• DATA SUPPLIED:
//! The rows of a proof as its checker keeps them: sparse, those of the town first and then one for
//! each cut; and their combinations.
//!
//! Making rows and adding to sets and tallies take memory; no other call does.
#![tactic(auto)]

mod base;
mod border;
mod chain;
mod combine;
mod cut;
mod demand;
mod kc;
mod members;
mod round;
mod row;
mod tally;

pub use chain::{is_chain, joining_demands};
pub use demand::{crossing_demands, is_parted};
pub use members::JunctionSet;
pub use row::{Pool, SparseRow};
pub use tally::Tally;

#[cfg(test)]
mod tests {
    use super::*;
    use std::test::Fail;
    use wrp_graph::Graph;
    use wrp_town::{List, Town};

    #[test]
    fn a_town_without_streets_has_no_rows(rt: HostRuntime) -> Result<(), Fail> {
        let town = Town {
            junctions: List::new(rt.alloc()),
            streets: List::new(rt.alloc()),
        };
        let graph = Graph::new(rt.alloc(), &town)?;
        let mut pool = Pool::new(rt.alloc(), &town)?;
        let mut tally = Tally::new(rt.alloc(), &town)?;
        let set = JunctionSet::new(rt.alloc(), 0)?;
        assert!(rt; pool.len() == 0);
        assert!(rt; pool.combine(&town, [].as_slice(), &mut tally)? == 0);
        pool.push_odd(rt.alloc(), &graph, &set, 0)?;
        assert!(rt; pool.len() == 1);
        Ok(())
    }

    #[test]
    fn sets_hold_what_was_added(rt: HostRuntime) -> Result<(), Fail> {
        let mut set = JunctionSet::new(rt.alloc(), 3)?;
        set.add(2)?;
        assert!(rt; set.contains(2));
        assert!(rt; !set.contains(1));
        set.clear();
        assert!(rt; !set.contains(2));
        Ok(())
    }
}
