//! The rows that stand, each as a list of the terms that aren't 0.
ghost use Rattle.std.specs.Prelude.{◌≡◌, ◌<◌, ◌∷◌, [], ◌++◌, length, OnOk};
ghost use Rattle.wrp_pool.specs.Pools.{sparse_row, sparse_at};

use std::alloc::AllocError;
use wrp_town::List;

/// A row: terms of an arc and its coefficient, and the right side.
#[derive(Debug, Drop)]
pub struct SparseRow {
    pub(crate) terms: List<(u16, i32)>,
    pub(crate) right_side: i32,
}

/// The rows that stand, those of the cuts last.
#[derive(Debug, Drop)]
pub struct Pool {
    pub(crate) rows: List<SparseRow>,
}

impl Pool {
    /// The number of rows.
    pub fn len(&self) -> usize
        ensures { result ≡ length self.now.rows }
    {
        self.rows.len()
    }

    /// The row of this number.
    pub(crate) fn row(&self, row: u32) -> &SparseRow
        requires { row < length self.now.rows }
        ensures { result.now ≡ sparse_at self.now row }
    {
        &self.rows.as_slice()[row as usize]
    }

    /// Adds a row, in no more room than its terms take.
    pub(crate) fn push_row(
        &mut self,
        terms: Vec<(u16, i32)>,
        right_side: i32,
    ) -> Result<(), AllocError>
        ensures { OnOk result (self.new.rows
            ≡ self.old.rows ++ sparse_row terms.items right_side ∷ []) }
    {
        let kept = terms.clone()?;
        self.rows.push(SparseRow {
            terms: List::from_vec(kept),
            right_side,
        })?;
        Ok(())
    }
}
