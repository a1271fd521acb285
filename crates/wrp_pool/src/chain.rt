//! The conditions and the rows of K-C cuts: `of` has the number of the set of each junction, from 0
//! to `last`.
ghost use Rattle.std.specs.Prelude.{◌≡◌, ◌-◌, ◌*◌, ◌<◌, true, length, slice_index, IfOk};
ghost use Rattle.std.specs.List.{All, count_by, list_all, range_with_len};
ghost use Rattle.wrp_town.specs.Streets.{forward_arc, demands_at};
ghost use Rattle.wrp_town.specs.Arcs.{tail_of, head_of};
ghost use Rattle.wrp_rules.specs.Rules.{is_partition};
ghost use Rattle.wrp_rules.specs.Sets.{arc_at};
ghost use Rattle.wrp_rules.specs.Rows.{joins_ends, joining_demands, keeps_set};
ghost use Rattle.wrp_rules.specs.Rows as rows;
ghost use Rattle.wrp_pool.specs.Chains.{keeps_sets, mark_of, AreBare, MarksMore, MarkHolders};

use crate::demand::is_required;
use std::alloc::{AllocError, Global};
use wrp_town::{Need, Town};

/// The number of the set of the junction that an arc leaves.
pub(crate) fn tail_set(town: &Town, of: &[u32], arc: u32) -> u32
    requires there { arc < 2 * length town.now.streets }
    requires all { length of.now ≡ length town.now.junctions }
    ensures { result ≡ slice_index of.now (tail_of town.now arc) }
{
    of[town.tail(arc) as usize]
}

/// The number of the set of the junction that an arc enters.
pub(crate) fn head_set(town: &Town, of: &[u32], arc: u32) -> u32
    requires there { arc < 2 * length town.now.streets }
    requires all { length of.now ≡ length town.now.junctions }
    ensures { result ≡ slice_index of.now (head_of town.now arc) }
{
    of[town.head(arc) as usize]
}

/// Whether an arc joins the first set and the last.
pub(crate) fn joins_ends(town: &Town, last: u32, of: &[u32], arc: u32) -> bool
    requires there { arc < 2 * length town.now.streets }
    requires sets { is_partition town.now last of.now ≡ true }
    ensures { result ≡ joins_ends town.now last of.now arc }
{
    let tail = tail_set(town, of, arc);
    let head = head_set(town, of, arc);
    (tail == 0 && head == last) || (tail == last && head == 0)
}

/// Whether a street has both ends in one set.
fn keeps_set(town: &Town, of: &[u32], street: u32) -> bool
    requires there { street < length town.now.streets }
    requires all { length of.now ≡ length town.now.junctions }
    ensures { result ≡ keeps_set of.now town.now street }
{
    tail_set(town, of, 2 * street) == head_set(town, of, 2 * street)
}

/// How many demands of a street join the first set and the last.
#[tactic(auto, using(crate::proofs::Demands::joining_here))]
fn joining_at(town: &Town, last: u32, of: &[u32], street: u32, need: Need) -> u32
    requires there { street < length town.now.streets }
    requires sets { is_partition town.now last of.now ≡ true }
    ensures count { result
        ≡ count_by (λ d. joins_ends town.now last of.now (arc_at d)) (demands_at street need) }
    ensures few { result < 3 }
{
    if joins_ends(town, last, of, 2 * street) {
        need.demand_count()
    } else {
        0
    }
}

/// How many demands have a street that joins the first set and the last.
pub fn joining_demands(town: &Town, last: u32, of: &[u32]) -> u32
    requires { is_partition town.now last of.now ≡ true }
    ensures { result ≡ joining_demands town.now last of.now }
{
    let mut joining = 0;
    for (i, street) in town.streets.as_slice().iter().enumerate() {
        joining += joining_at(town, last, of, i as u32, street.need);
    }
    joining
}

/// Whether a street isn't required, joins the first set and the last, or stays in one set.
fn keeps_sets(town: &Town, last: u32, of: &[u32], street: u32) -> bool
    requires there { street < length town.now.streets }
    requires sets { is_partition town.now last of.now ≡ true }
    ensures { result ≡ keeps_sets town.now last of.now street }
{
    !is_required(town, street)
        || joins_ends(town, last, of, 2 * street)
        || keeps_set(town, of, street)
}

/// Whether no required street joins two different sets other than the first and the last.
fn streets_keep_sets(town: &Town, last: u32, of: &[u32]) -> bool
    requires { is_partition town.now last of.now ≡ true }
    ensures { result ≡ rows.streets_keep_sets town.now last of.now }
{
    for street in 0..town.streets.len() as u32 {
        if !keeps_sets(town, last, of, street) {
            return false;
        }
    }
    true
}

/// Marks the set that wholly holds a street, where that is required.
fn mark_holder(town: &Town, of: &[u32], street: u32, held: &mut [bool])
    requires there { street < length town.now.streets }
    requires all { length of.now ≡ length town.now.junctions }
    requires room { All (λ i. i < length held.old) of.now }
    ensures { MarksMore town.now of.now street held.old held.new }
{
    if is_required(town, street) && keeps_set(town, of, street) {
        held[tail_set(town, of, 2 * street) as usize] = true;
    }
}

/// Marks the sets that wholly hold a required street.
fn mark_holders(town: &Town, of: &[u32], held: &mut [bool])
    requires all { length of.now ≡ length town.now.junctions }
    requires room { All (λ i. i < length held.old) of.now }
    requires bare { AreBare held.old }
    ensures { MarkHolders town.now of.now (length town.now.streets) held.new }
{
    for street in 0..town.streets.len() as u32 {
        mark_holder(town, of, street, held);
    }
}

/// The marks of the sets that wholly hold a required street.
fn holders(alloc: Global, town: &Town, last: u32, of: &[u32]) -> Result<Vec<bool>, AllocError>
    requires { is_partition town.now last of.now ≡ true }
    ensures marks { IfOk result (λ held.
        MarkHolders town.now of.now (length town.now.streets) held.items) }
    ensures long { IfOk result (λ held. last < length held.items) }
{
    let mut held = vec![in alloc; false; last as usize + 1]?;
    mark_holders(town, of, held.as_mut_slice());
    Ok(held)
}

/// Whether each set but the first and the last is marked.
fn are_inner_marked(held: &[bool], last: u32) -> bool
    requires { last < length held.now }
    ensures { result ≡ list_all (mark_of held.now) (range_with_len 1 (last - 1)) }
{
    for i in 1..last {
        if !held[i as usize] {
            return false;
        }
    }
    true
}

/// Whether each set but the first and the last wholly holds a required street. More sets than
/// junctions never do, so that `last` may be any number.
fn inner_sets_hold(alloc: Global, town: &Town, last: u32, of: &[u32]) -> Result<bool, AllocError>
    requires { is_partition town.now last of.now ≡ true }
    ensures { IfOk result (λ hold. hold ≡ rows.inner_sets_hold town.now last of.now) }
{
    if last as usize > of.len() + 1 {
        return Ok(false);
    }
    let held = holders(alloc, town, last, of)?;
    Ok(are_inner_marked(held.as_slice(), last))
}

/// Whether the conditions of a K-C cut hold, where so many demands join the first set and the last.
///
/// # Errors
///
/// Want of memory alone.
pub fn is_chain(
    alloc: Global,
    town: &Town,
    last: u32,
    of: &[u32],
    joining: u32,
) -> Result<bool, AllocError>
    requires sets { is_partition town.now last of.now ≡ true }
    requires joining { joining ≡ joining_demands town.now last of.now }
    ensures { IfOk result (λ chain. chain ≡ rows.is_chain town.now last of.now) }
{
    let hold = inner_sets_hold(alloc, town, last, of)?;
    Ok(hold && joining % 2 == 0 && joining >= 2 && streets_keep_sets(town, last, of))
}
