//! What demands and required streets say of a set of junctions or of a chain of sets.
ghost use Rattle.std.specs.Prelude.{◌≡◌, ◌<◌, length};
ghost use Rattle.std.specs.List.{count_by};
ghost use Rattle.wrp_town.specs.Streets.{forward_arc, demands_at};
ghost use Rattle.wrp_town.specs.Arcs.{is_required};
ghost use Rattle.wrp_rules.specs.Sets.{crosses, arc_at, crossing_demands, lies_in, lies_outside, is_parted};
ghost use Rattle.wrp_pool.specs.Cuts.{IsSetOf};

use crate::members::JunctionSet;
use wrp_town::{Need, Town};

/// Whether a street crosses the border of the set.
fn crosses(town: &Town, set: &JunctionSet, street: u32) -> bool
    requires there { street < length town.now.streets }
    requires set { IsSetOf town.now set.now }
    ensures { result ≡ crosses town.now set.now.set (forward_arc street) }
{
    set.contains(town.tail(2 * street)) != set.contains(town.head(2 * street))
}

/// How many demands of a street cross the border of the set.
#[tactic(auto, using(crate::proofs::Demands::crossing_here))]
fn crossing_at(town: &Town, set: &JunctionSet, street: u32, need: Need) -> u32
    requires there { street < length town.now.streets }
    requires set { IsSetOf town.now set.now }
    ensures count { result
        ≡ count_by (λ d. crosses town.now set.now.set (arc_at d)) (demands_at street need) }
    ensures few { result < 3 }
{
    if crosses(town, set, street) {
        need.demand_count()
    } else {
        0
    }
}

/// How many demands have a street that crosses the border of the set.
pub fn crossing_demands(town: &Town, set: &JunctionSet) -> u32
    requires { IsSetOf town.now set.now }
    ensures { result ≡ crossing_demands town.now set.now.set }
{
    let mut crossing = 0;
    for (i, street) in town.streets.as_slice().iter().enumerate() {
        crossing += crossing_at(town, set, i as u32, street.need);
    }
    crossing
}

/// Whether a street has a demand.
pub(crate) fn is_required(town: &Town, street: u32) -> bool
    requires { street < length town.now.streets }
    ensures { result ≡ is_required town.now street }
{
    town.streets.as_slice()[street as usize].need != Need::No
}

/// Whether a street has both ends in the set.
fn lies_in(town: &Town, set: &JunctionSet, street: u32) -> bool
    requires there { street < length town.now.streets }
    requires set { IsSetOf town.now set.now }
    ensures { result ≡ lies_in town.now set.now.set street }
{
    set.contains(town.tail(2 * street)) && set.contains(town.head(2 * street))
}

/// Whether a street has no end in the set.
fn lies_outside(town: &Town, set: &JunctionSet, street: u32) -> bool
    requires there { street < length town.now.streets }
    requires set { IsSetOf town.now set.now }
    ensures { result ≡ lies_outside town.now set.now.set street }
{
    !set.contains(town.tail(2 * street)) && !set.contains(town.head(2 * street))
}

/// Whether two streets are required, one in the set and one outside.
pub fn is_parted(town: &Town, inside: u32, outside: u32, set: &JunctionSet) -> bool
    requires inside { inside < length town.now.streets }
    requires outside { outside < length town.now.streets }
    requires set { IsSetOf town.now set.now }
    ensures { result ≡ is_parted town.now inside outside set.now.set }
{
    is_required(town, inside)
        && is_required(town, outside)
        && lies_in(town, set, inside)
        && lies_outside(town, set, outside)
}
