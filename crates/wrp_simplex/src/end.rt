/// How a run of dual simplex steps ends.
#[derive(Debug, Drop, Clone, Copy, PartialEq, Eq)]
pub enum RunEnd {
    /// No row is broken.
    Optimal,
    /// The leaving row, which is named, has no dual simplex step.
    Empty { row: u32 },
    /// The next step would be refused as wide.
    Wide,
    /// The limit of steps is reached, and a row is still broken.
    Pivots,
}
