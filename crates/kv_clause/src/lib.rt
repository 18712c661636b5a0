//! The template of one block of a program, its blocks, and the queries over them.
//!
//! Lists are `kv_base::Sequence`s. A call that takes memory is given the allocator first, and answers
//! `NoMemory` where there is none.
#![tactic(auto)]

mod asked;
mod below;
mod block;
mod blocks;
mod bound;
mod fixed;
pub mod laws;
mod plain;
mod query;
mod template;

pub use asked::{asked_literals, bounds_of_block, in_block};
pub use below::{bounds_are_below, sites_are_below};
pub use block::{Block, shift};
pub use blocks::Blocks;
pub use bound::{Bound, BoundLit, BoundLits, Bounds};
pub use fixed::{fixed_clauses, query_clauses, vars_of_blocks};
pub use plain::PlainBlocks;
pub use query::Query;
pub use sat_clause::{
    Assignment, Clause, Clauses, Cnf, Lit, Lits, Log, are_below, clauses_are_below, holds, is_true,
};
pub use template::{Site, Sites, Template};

• ABOUT THIS TASK:
Read through the records above and copy the lines that contain "AreBare".

• ANSWER:
ghost use Rattle.wrp_pool.specs.Chains.{keeps_sets, mark_of, AreBare, MarksMore, MarkHolders};
    requires bare { AreBare held.old }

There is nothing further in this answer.